A few days later, her son developed the same symptoms again. They went back to Langone and spent the night in a pediatric intensive care unit before meeting with two senior specialists. They recommended a new course of treatment, in a clinic Claudia called “not quite a hospital,” focusing on pediatric cancers.
On November 29th, she got a call from a nurse practitioner at Langone, telling her that the clinic’s cardiologist was out of her network. The next day, her son saw a rheumatologist and an infectious disease doctor, and got an MRI. Again on December 15th, later in January, and on February 9th, they kept seeing the clinic. Everything seemed settled – only the cardiologist was out of network.
So when did it go wrong?
Later in February, her son started receiving mail. He got 3 explanation of benefits documents, and checks to pay for his time in the PICU. Then, he got a $4,000 bill that listed every doctor he saw in the PICU—all of them, it seemed, were out of network. The doctor and nurse practitioner at Langone reassured the Knafos that something went wrong, and that things would be settled.

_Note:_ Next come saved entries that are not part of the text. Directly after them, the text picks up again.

#[test]
fn takes_each_instruction(rt: HostRuntime) -> Result<(), Failed> {
    let plain = Right {
        descriptor: "()V",
        before: &[],
        each: &[],
        after: &[Instr::Return],
        frame: None,
    };
    let table = [
        Right {
            each: &[
                Instr::AconstNull,
                Instr::IconstM1,
                Instr::Iconst0,
                Instr::Iconst1,
                Instr::Iconst2,
                Instr::Iconst3,
                Instr::Iconst4,
                Instr::Iconst5,
                Instr::Bipush(-1),
                Instr::Sipush(300),
                Instr::Ldc(2),
                Instr::LdcW(3),
            ],
            after: &[Instr::Pop, Instr::Return],
            ..plain
        },
        Right {
            each: &[Instr::Lconst0, Instr::Lconst1, Instr::Ldc2W(4)],
            after: &[Instr::Pop2, Instr::Return],
            ..plain
        },
        Right {
            before: &[Instr::Iconst0],
            each: &[
                Instr::Pop,
                Instr::Istore(4),
                Instr::WideIstore(5),
                Instr::Istore0,
                Instr::Istore1,
                Instr::Istore2,
                Instr::Istore3,
            ],
            ..plain
        },
        Right {
            before: &[Instr::Lconst0],
            each: &[
                Instr::Pop2,
                Instr::Lstore(4),
                Instr::WideLstore(4),
                Instr::Lstore0,
                Instr::Lstore1,
                Instr::Lstore2,
                Instr::Lstore3,
            ],
            ..plain
        },
        Right {
            before: &[Instr::AconstNull],
            each: &[
                Instr::Astore(4),
                Instr::WideAstore(5),
                Instr::Astore0,
                Instr::Astore1,
                Instr::Astore2,
                Instr::Astore3,
            ],
            ..plain
        },
        Right {
            before: &[
                Instr::Iconst0,
                Instr::Istore0,
                Instr::Iconst0,
                Instr::Istore1,
                Instr::Iconst0,
                Instr::Istore2,
                Instr::Iconst0,
                Instr::Istore3,
            ],
            each: &[
                Instr::Iload(3),
                Instr::WideIload(2),
                Instr::Iload0,
                Instr::Iload1,
                Instr::Iload2,
                Instr::Iload3,
            ],
            after: &[Instr::Pop, Instr::Return],
            ..plain
        },
        Right {
            before: &[
                Instr::Lconst0,
                Instr::Lstore0,
                Instr::Lconst0,
                Instr::Lstore2,
            ],
            each: &[
                Instr::Lload(2),
                Instr::WideLload(0),
                Instr::Lload0,
                Instr::Lload2,
            ],
            after: &[Instr::Pop2, Instr::Return],
            ..plain
        },
        Right {
            before: &[
                Instr::Lconst0,
                Instr::Lstore1,
                Instr::Lconst0,
                Instr::Lstore3,
            ],
            each: &[Instr::Lload1, Instr::Lload3],
            after: &[Instr::Pop2, Instr::Return],
            ..plain
        },
        Right {
            before: &[
                Instr::AconstNull,
                Instr::Astore0,
                Instr::AconstNull,
                Instr::Astore1,
                Instr::AconstNull,
                Instr::Astore2,
                Instr::AconstNull,
                Instr::Astore3,
            ],
            each: &[
                Instr::Aload(3),
                Instr::WideAload(2),
                Instr::Aload0,
                Instr::Aload1,
                Instr::Aload2,
                Instr::Aload3,
            ],
            after: &[Instr::Pop, Instr::Return],
            ..plain
        },
        Right {
            before: &[Instr::Iconst0],
            each: &[Instr::Dup],
            after: &[Instr::Pop2, Instr::Return],
            ..plain
        },
        Right {
            before: &[Instr::Iconst1, Instr::Iconst1],
            each: &[
                Instr::Iadd,
                Instr::Isub,
                Instr::Imul,
                Instr::Idiv,
                Instr::Irem,
                Instr::Ishl,
                Instr::Ishr,
                Instr::Iushr,
                Instr::Iand,
                Instr::Ior,
                Instr::Ixor,
            ],
            after: &[Instr::Pop, Instr::Return],
            ..plain
        },
        Right {
            before: &[Instr::Lconst1, Instr::Lconst1],
            each: &[
                Instr::Ladd,
                Instr::Lsub,
                Instr::Lmul,
                Instr::Ldiv,
                Instr::Lrem,
                Instr::Land,
                Instr::Lor,
                Instr::Lxor,
            ],
            after: &[Instr::Pop2, Instr::Return],
            ..plain
        },
        Right {
            before: &[Instr::Lconst1, Instr::Iconst1],
            each: &[Instr::Lshl, Instr::Lshr, Instr::Lushr],
            after: &[Instr::Pop2, Instr::Return],
            ..plain
        },
        Right {
            before: &[Instr::Iconst1],
            each: &[Instr::Ineg, Instr::I2c],
            after: &[Instr::Pop, Instr::Return],
            ..plain
        },
        Right {
            before: &[Instr::Lconst1],
            each: &[Instr::Lneg],
            after: &[Instr::Pop2, Instr::Return],
            ..plain
        },
        Right {
            before: &[Instr::Iconst1],
            each: &[Instr::I2l],
            after: &[Instr::Pop2, Instr::Return],
            ..plain
        },
        Right {
            before: &[Instr::Lconst1],
            each: &[Instr::L2i],
            after: &[Instr::Pop, Instr::Return],
            ..plain
        },
        Right {
            before: &[Instr::Lconst1, Instr::Lconst1],
            each: &[Instr::Lcmp],
            after: &[Instr::Pop, Instr::Return],
            ..plain
        },
        Right {
            before: &[Instr::Iconst1],
            each: &[
                Instr::Ifeq(3),
                Instr::Ifne(3),
                Instr::Iflt(3),
                Instr::Ifge(3),
                Instr::Ifgt(3),
                Instr::Ifle(3),
            ],
            frame: Some(4),
            ..plain
        },
        Right {
            before: &[Instr::Iconst1, Instr::Iconst1],
            each: &[
                Instr::IfIcmpeq(3),
                Instr::IfIcmpne(3),
                Instr::IfIcmplt(3),
                Instr::IfIcmpge(3),
                Instr::IfIcmpgt(3),
                Instr::IfIcmple(3),
            ],
            frame: Some(5),
            ..plain
        },
        Right {
            before: &[Instr::AconstNull, Instr::AconstNull],
            each: &[Instr::IfAcmpeq(3), Instr::IfAcmpne(3)],
            frame: Some(5),
            ..plain
        },
        Right {
            before: &[Instr::AconstNull],
            each: &[Instr::Ifnull(3), Instr::Ifnonnull(3)],
            frame: Some(4),
            ..plain
        },
        Right {
            each: &[Instr::Goto(3)],
            frame: Some(3),
            ..plain
        },
        Right {
            before: &[Instr::Ldc(2)],
            each: &[Instr::Invokestatic(11)],
            ..plain
        },
        Right {
            each: &[Instr::Return],
            after: &[],
            ..plain
        },
        Right {
            descriptor: "()I",
            before: &[Instr::Iconst1],
            each: &[Instr::Ireturn],
            after: &[],
            frame: None,
        },
        Right {
            descriptor: "()J",
            before: &[Instr::Lconst1],
            each: &[Instr::Lreturn],
            after: &[],
            frame: None,
        },
        Right {
            descriptor: "()Ljava/lang/String;",
            before: &[Instr::AconstNull],
            each: &[Instr::Areturn],
            after: &[],
            frame: None,
        },
    ];
    for (n, row) in table.iter().enumerate() {
        assert_eq!(rt; are_taken(rt.alloc(), row)?, true, "of row {n}");
    }
    Ok(())
}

Things, as it turned out, were not settled. He received a letter giving him his last warning before the bills would be sent to collections—and, potentially, to a debt collection suit. Claudia called Langone only to find out they never actually ran her son’s insurance. Instead, the ER simply assumed that because they took United insurance, they also accepted the United Compass insurance Claudia’s son had.
How do we make this better?
Claudia and her son contacted the Community Service Society of New York. Through CSSNY, they were able to avoid a complicated, expensive legal battle—but New York needs to do better than case-by-case solutions. Our medical system unfairly burdens patients: if a hospital doesn’t run your insurance, you shouldn’t be responsible for the bill! There are simple, common-sense steps we can take to fight medical debt—and the legislature should take them now.